Concentration-dependent binding of [¹²⁵I]IAAP to the N- and the C-terminal halves of Pgp in the presence and in absence of cis(Z)-flupentixol. (A) Pgp-containing insect cell membranes (10 μg of membrane protein) were photoaffinity labeled with concentrations of [¹²⁵I]IAAP ranging from 1 to 50 nM with (Right) or without (Left) pre-incubation with 50 μM of cis(Z)-flupentixol. Photoaffinity labeled membranes were then treated with trypsin as described in the legend to Fig. 2, and samples were analyzed in an 8% gel by SDS/PAGE. (B) Radioactive bands corresponding to the N- (70 kDa) and C-terminal (60 kDa) halves were cut out, and bound [¹²⁵I]IAAP (pmol/mg of membrane protein) was determined as described. Nonlinear regression analysis were done using graphics program graph pad.

Figure 5

Effect of vanadate trapping on [¹²⁵I]IAAP photoaffinity labeling of the N- and C-terminal halves of Pgp. (A) Pgp-containing insect cell membranes were incubated at 37°C for 10 min with 4 nM [¹²⁵I]IAAP, 10 μM cis(Z)-flupentixol, 5 mM MgCl₂, and varying concentrations of vanadate in presence and absence of 2.5 mM ATP prior to UV exposure for 10 min. Photoaffinity labeled membranes were trypsinized to generate the N- and C-terminal fragments and analyzed by SDS/PAGE. (Lower) Radioactivity associated with the N- and C-halves in the presence and absence of ATP is shown. (B) Insect cell membranes were incubated at 37°C for 10 min with 10 μM cis(Z)-flupentixol, 2.5 mM ATP, and 5 mM MgCl₂ in presence and absence of 400 μM of vanadate. After incubation, [¹²⁵I]IAAP was added to final concentrations of 2, 10, and 20 nM, and Pgp was photoaffinity labeled the same way as above. (Lower) Recovery of radioactivity in both halves is shown. For other details, see legend to Fig. 2.

Figure 6

Schematic representation of the Pgp catalytic cycle and the possible functional role of the N- and the C-sites in drug translocation. In this model, the two TM domains and the ATP binding sites are represented by squares and circles, respectively. The model shows one cycle of ATP hydrolysis where the shaded circle represents the noncatalytic state.

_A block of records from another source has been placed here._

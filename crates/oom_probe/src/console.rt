//! The console. An answer that isn't written, for want of memory, leaves what was written before it as it was.

use crate::KEY_WORD;
use crate::book::{filled, view_of};
use crate::files::settings;
use crate::told::{put_bytes, put_unless};
use book_register::view::BookView;
use bytes::BytesMut;
use console_core::reply::{ConsoleReply, answer};
use console_core::writing::{put_refusal, put_reply, put_welcome};
use ini_config::Settings;
use session_values::cause::Cause;
use std::alloc::{AllocError, Global};

const COMMANDS: [&[u8]; 5] = [
    b"SHOW POOLS",
    b"SHOW CLIENTS",
    b"SHOW CONFIG",
    b"PAUSE",
    b"SHOW NOTHING",
];

/// The answer to a command, asked for once more where memory is refused.
fn answered(
    alloc: Global,
    view: &BookView,
    settings: &Settings,
    command: &[u8],
) -> Result<ConsoleReply, AllocError> {
    match answer(alloc, view, settings, command) {
        Ok(reply) => Ok(reply),
        Err(_) => answer(alloc, view, settings, command),
    }
}

/// Whether there are as many bytes as before.
fn put_same(before: usize, frames: &BytesMut, out: &mut Vec<u8>) -> Result<(), AllocError> {
    put_unless(
        frames.len() == before,
        b"bytes are left of what isn't written",
        out,
    )
}

/// Writes a reply.
fn write_reply(
    alloc: Global,
    reply: &ConsoleReply,
    frames: &mut BytesMut,
    out: &mut Vec<u8>,
) -> Result<(), AllocError> {
    let before = frames.len();
    if put_reply(alloc, reply, frames).is_ok() {
        return Ok(());
    }
    put_same(before, frames, out)?;
    put_reply(alloc, reply, frames)
}

/// Writes the welcome.
fn write_welcome(
    alloc: Global,
    frames: &mut BytesMut,
    out: &mut Vec<u8>,
) -> Result<(), AllocError> {
    let before = frames.len();
    if put_welcome(alloc, KEY_WORD, frames).is_ok() {
        return Ok(());
    }
    put_same(before, frames, out)?;
    put_welcome(alloc, KEY_WORD, frames)
}

/// Writes an error.
fn write_refusal(
    alloc: Global,
    frames: &mut BytesMut,
    out: &mut Vec<u8>,
) -> Result<(), AllocError> {
    let before = frames.len();
    if put_refusal(alloc, Cause::Syntax, frames).is_ok() {
        return Ok(());
    }
    put_same(before, frames, out)?;
    put_refusal(alloc, Cause::Syntax, frames)
}

/// The welcome, an error, and the answers to the commands.
pub fn told(alloc: Global, out: &mut Vec<u8>) -> Result<(), AllocError> {
    let book = filled(alloc)?;
    let view = view_of(alloc, &book, out)?;
    let settings = settings(alloc)?;
    let mut frames = BytesMut::new(alloc);
    write_welcome(alloc, &mut frames, out)?;
    write_refusal(alloc, &mut frames, out)?;
    for command in COMMANDS {
        let reply = answered(alloc, &view, &settings, command)?;
        write_reply(alloc, &reply, &mut frames, out)?;
    }
    put_bytes(alloc, b"console", frames.as_slice(), out)
}
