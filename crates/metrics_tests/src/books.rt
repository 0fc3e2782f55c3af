//! A lease book, and what is known beside it, as they are handed to whoever tells of them.
use book_model::events::ClientState;
use book_model::limits::Limits;
use book_model::rows::{DatabaseRow, DatabaseRows};
use book_register::book_state::BookState;
use book_register::view::BookView;
use book_rows::clients::Client;
use book_rows::links::Link;
use book_rows::pools::PoolKey;
use book_rows::tickets::Ticket;
use pool_figures::figures::Figures;
use pool_figures::seen::{DatabaseSeen, Seen};
use session_values::text::Text;
use start_keys::{Host, StartKey};
use std::alloc::{AllocError, Global};
use std::sync::Arc;

/// A database whose name isn't plain.
const STRANGE: &[u8] = b"a\"b\\\n\xff";

fn host(text: &[u8]) -> Host {
    Host::new(text).unwrap_or(Host::empty())
}

fn row(
    alloc: Global,
    name: &[u8],
    at: &[u8],
    port: u16,
    dbname: &[u8],
    size: u32,
) -> Result<DatabaseRow, AllocError> {
    Ok(DatabaseRow {
        name: Text::from_slice(alloc, name)?,
        host: host(at),
        port,
        dbname: Text::from_slice(alloc, dbname)?,
        size,
    })
}

fn limits(alloc: Global) -> Result<Arc<Limits>, AllocError> {
    let mut rows = Vec::new(alloc);
    rows.push(row(alloc, b"shop", b"127.0.0.1", 5432, b"elsewhere", 5)?)?;
    rows.push(row(alloc, STRANGE, b"db.example", 1, b"*", 20)?)?;
    let mut limits = Limits::usual(DatabaseRows::new(alloc, rows)?);
    limits.max_links = 100;
    limits.query_wait_timeout = 0;
    limits.server_idle_timeout = 0;
    Ok(Arc::new(alloc, limits)?)
}

/// A key of the pool of this user on shop.
fn key(alloc: Global, user: &[u8]) -> Result<PoolKey, AllocError> {
    let key = StartKey {
        row: Text::from_slice(alloc, b"shop")?,
        host: Some(Host::local()),
        port: 5432,
        dbname: Text::from_slice(alloc, b"elsewhere")?,
        user: Text::from_slice(alloc, user)?,
        parameters: Vec::new(alloc),
    };
    Ok(PoolKey::new(Arc::new(alloc, key)?))
}

fn link(alloc: Global, number: u64, user: &[u8]) -> Result<Link, AllocError> {
    Ok(Link {
        number,
        key: key(alloc, user)?,
        started_at: 2,
        since: 3,
    })
}

/// Two links that ann's clients have, one that is idle, and a client of hers that has waited for three seconds. The pool is paused.
pub(crate) fn view(alloc: Global) -> Result<BookView, AllocError> {
    let mut view = BookState::new(alloc, limits(alloc)?)?.view(alloc)?;
    let clients = [
        (1, ClientState::Active),
        (2, ClientState::Waiting),
        (3, ClientState::LoggingIn),
    ];
    for (number, state) in clients {
        view.clients.push(Client { number, state })?;
    }
    view.tickets.push(Ticket {
        client: 2,
        key: key(alloc, b"ann")?,
        since: 4,
    })?;
    view.lent.push(link(alloc, 10, b"ann")?)?;
    view.lent.push(link(alloc, 11, b"ann")?)?;
    view.idle.push(link(alloc, 12, b"b\xe9")?)?;
    view.clock = 7;
    view.is_paused = true;
    view.decisions = u64::MAX;
    view.starts = 12;
    view.reuses = 4;
    view.evictions = 3;
    view.losses = 10;
    Ok(view)
}

/// What went through shop.
pub(crate) fn seen(alloc: Global) -> Result<Seen, AllocError> {
    let mut seen = Seen::nothing(alloc);
    let total = Figures {
        leases: 6,
        transactions: 3,
        queries: 5,
        received: 1_000,
        sent: u64::MAX,
        transaction_time: 1_250_000,
        query_time: 999,
        wait_time: 60_000_001,
    };
    seen.databases.push(DatabaseSeen {
        name: Text::from_slice(alloc, b"shop")?,
        total,
        recent: Figures::none(),
    })?;
    Ok(seen)
}
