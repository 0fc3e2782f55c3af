//! Starts and resets of links. Where memory is refused they hand the end back, which goes on; or the end itself was refused memory and
//! has ended.
ghost use Rattle.link_start.specs.Starts.{CanStartAll};

use crate::KEY_WORD;
use crate::ends::{has_ended, is_alive, reads_all, writes_all};
use crate::lease::{LIMIT, TALK, pumped};
use crate::making::{CUT, PASSWORD, key, server};
use crate::told::{put_bytes, put_numbers, put_unless};
use credentials::Credential;
use link_run::links::{CleanLink, UsedLink};
use link_run::reset::{Disposed, ResetError, reset_link};
use link_start::start::{StartCause, StartLinkError, start_link};
use memory_ends::memory_client::MemoryClient;
use relay_core::relay::{Relay, Returned};
use server_end::ServerEnd;
use server_end::gate::OpenGate;
use std::alloc::{AllocError, Global};
use user_file::Secret;

/// Turns enough.
const TURNS: u32 = 200;

/// A client's Sync, and its answer outside a block.
const SYNC: &[u8] = b"S\0\0\0\x04";

const READY: &[u8] = b"Z\0\0\0\x05I";

/// What was handed back by a start.
fn put_start_fault<E: ServerEnd>(
    fault: StartLinkError<E>,
    out: &mut Vec<u8>,
) -> Result<(), AllocError> {
    let StartLinkError { mut end, cause } = fault;
    let is_as_told = match cause {
        StartCause::Memory => is_alive(&mut end),
        StartCause::Lost => has_ended(&mut end),
        _ => false,
    };
    put_unless(is_as_told, b"a start hands another end back", out)
}

/// The start of a link over this end; none where memory is refused.
fn started<E: ServerEnd>(
    alloc: Global,
    end: E,
    out: &mut Vec<u8>,
) -> Result<Option<CleanLink<E>>, AllocError>
    requires { CanStartAll (E.standing end) }
{
    let Ok(secret) = Secret::read(alloc, PASSWORD) else {
        return Err(AllocError);
    };
    let credential = Credential::new(alloc, &secret, None, &KEY_WORD, 5);
    let key = key(alloc)?;
    match start_link(
        alloc,
        end,
        key,
        &credential,
        5,
        9,
        &mut OpenGate::new(),
        TURNS,
    ) {
        Ok(link) => Ok(Some(link)),
        Err(fault) => {
            put_start_fault(fault, out)?;
            Ok(None)
        }
    }
}

/// A link over this end.
pub fn link<E: ServerEnd>(
    alloc: Global,
    end: E,
    out: &mut Vec<u8>,
) -> Result<CleanLink<E>, AllocError>
    requires { CanStartAll (E.standing end) }
{
    match started(alloc, end, out)? {
        Some(link) => Ok(link),
        None => Err(AllocError),
    }
}

/// Appends a link's number, birth and key, and what it reported.
fn put_link<E: ServerEnd>(
    alloc: Global,
    link: &CleanLink<E>,
    out: &mut Vec<u8>,
) -> Result<(), AllocError> {
    put_numbers(b"link", &[link.number(), link.started_at()], out)?;
    put_bytes(alloc, b"user", link.key().user.as_slice(), out)?;
    for report in link.reports() {
        put_bytes(alloc, report.name(), report.value(), out)?;
    }
    Ok(())
}

/// A start over the first end, and where memory is refused one over the next.
fn put_start<E: ServerEnd>(
    alloc: Global,
    end: E,
    next: E,
    out: &mut Vec<u8>,
) -> Result<(), AllocError>
    requires first { CanStartAll (E.standing end) }
    requires next { CanStartAll (E.standing next) }
{
    if let Some(link) = started(alloc, end, out)? {
        return put_link(alloc, &link, out);
    }
    match started(alloc, next, out)? {
        Some(link) => put_link(alloc, &link, out),
        None => put_unless(false, b"a start fails twice", out),
    }
}

/// The start of a link.
pub fn told_of_starts(alloc: Global, out: &mut Vec<u8>) -> Result<(), AllocError> {
    put_start(alloc, server(alloc)?, server(alloc)?, out)
}

/// A link that a client has used.
fn used<E: ServerEnd>(alloc: Global, end: E, out: &mut Vec<u8>) -> Result<UsedLink<E>, AllocError>
    requires { CanStartAll (E.standing end) }
{
    let link = link(alloc, end, out)?;
    let client = MemoryClient::new(alloc, TALK, CUT)?;
    let Ok(relay) = Relay::begin(alloc, client, link, KEY_WORD, LIMIT) else {
        return Err(AllocError);
    };
    let (_, returned) = pumped(relay);
    match returned {
        Returned::Used(link) => Ok(link),
        _ => Err(AllocError),
    }
}

/// Whether it is asked once more and answers, with no fault counted.
fn still_answers<E: ServerEnd>(alloc: Global, end: &mut E) -> Result<bool, AllocError> {
    let mut given = Vec::new(alloc);
    let is_asked = writes_all(end, SYNC);
    let is_given = reads_all(end, &mut given)?;
    Ok(is_asked && is_given && given.ends_with(READY) && end.faults() == 0)
}

/// What was handed back by a reset.
fn put_reset_fault<E: ServerEnd>(
    alloc: Global,
    disposed: Disposed<E>,
    out: &mut Vec<u8>,
) -> Result<(), AllocError> {
    let Disposed { mut end, cause } = disposed;
    let is_as_told = match cause {
        ResetError::Memory => still_answers(alloc, &mut end)?,
        ResetError::Lost => has_ended(&mut end),
        _ => false,
    };
    put_unless(is_as_told, b"a reset hands another end back", out)
}

/// The reset of a link; none where memory is refused.
fn reset<E: ServerEnd>(
    alloc: Global,
    link: UsedLink<E>,
    out: &mut Vec<u8>,
) -> Result<Option<CleanLink<E>>, AllocError> {
    match reset_link(alloc, link, &mut OpenGate::new(), TURNS) {
        Ok(link) => Ok(Some(link)),
        Err(disposed) => {
            put_reset_fault(alloc, disposed, out)?;
            Ok(None)
        }
    }
}

/// A reset of a link over the first end, and where memory is refused one over the next.
fn put_reset<E: ServerEnd>(
    alloc: Global,
    end: E,
    next: E,
    out: &mut Vec<u8>,
) -> Result<(), AllocError>
    requires first { CanStartAll (E.standing end) }
    requires next { CanStartAll (E.standing next) }
{
    let first = used(alloc, end, out)?;
    if let Some(link) = reset(alloc, first, out)? {
        return put_link(alloc, &link, out);
    }
    let second = used(alloc, next, out)?;
    match reset(alloc, second, out)? {
        Some(link) => put_link(alloc, &link, out),
        None => put_unless(false, b"a reset fails twice", out),
    }
}

/// The reset of a link.
pub fn told_of_resets(alloc: Global, out: &mut Vec<u8>) -> Result<(), AllocError> {
    put_reset(alloc, server(alloc)?, server(alloc)?, out)
}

The two drug-interacting sites are along the drug-translocating pathway and are designated by two ellipses (shaded for ON-site and open for OFF-site). The cis(Z)-flupentixol (modulator) interaction site is depicted by the hexagon. The hatched ellipse indicates a conformational change in the drug-interaction site closer to the cytosolic phase of the lipid bilayer. The substrate molecule, cis(Z)-flupentixol and vanadate are shown as “D,” “F,” and “Vi,” respectively. The dark arrows represent favored reaction. Various states of Pgp during the catalytic/drug-translocation cycle are as follows: I, Pgp·MgATP; II, PgpMgATP·D_ON; IIA, PgpMgATP·D_ON·F; III, PgpMgADP·P_i·D_OFF; IV, PgpMgADP·P_i; IVA, PgpMgADP·V_i.